Paxton Schafer (47th overall, 1995)
After his second-round selection, Schafer returned to his junior team in Medicine Hat for one more year, then played three games in Boston as a rookie in 1996-97.
That would be his full lot at the top level as Schafer split the rest of his first six years between the AHL and ECHL. He was long gone from the Bruins system by his final season in 2002-03, split between four different Double-A teams.
Andrew Raycroft (135th overall, 1998)
Raycroft had arguably the most promising start of any backstopping Bruins draftee, winning the 2003-04 Calder Trophy after three years of shuttling between Boston and Providence.
It has been fairly downhill for him since the 2004-05 lockout. Raycroft has switched organizations three times, beginning with a summer 2006 trade to Toronto, and was most recently sighted with the Dallas Stars’ farm team.
Jordan Sigalet (209th overall, 2001)
Sigalet’s playing endeavors met an unfortunate end that was implicitly brought on by his bout with multiple sclerosis. He retired within eight years of being drafted and compiling the majority of his highlights at Bowling Green State University and the P-Bruins.

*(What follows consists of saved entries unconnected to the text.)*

//! The epochs that run.

ghost use Rattle.std.specs.Prelude.{◌≡◌, ◌≢◌, ℕ, ◌==◌, position, Option};
ghost use Rattle.std.specs.Option.{option_map};
ghost use Rattle.epochs.specs.Opens.{is_busy, takes_room};
ghost use Rattle.epochs.specs.Reports.{IsBeginning, is_quiet, is_resting, noted, place_in, quiet_after, readied, running_in};

use crate::board::{Doors, Report};

/// The seconds without progress after which an epoch behind the newest may end.
pub(crate) const QUIET: u64 = 10;

/// The same of one whose questions are all decided.
pub(crate) const COMPLETE: u64 = 2;

/// The seconds without progress after which nobody is dialled any more that doesn't dial.
pub(crate) const RESTING: u64 = 5;

/// An epoch that runs.
#[derive(Drop)]
pub(crate) struct Running {
    pub(crate) epoch: u64,
    pub(crate) doors: Doors,
    pub(crate) is_ready: bool,
    /// The progress that was reported last, and for how many seconds it has been so.
    pub(crate) progress: u64,
    pub(crate) quiet: u64,
    /// Nothing of it is open here, and nothing happens in it or all its questions are decided.
    pub(crate) rests: bool,
}

impl Running {
    /// An epoch with these doors, which begins to run.
    pub(crate) fn new(epoch: u64, doors: Doors) -> Running
        ensures begins { IsBeginning epoch result }
        ensures doors { result.doors ≡ doors }
    {
        Running {
            epoch,
            doors,
            is_ready: false,
            progress: 0,
            quiet: 0,
            rests: false,
        }
    }

    /// Returns `true` if it is behind that epoch, and takes the room of another.
    pub(crate) fn is_busy(&self, newest: u64) -> bool
        ensures { result ≡ is_busy newest self.now }
    {
        self.epoch < newest && self.takes_room()
    }

    /// Returns `true` if it takes the room of another epoch behind the newest: it doesn't rest, and
    /// something has happened in it within ten seconds.
    pub(crate) fn takes_room(&self) -> bool
        ensures { result ≡ takes_room self.now }
    {
        !self.rests && self.quiet < QUIET
    }

    /// Notes how it stands after another second.
    fn note(&mut self, report: Report)
        ensures { self.new ≡ noted report self.old }
    {
        self.quiet = quiet_after(report, self.progress, self.quiet);
        self.progress = report.progress;
        self.rests = is_resting(report, self.quiet);
    }
}

/// Returns for how many seconds the progress is that of the report.
fn quiet_after(report: Report, progress: u64, quiet: u64) -> u64
    ensures { result ≡ quiet_after report progress quiet }
{
    if progress == report.progress {
        quiet.saturating_add(1)
    } else {
        0
    }
}

/// Returns `true` if the epoch rests.
fn is_resting(report: Report, quiet: u64) -> bool
    ensures { result ≡ is_resting report quiet }
{
    !report.is_undone && (report.is_complete || quiet >= RESTING)
}

/// Returns `true` if the epoch may be done, after so many seconds without progress.
pub(crate) fn is_quiet(report: Report, quiet: u64) -> bool
    ensures { result ≡ is_quiet report quiet }
{
    quiet >= if report.is_complete { COMPLETE } else { QUIET }
}

/// Notes the report at the epoch, if it runs. Returns for how many seconds nothing has happened in
/// it, and whether it rests.
pub(crate) fn note_report(
    running: &mut Vec<Running>,
    epoch: u64,
    report: Report,
) -> Option<(u64, bool)>
    ensures noted { running_in running.new.items epoch
        ≡ option_map (noted report) (running_in running.old.items epoch) }
    ensures others { (other : ℕ) → other ≢ epoch →
        running_in running.new.items other ≡ running_in running.old.items other }
    ensures tells { result
        ≡ option_map (λ one. (one.quiet, one.rests)) (running_in running.new.items epoch) }
{
    let Some(at) = place_in(running.as_slice(), epoch) else {
        return None;
    };
    match running.get_mut(at) {
        Some(one) => {
            one.note(report);
            Some((one.quiet, one.rests))
        }
        None => None,
    }
}

/// Notes that the member of the epoch listens, if that runs.
pub(crate) fn note_ready(running: &mut Vec<Running>, epoch: u64)
    ensures noted { running_in running.new.items epoch
        ≡ option_map readied (running_in running.old.items epoch) }
    ensures others { (other : ℕ) → other ≢ epoch →
        running_in running.new.items other ≡ running_in running.old.items other }
{
    let Some(at) = place_in(running.as_slice(), epoch) else {
        return;
    };
    if let Some(one) = running.get_mut(at) {
        one.is_ready = true;
    }
}

/// Returns the place of the epoch among those that run.
pub(crate) fn place_in(running: &[Running], epoch: u64) -> Option<usize>
    ensures { result ≡ place_in running.now epoch }
{
    running.iter().position(|one| one.epoch == epoch)
}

In between, he saw only 43 seconds of NHL action in a Jan. 7, 2006 game against the Lightning.
Sigalet’s final year of competition in North America was marred by an in-game health scare at the Dunkin Donuts Center on Nov. 15, 2007. He would manage only 19 appearances that season, followed by five in an Austrian league the next year.
Hannu Toivonen (29th overall, 2002)
For a time, it looked like Toivonen might be Raycroft’s successor, but his ongoing career has met a similar fate. His only full NHL season was 2005-06, when he played 20 games for Boston. He added 18 more the following year before being traded to St. Louis to make room for Manny Fernandez and Tuukka Rask.
Toivonen scraped the Blues' blue paint 23 times in 2007-08, but has not been in the NHL since.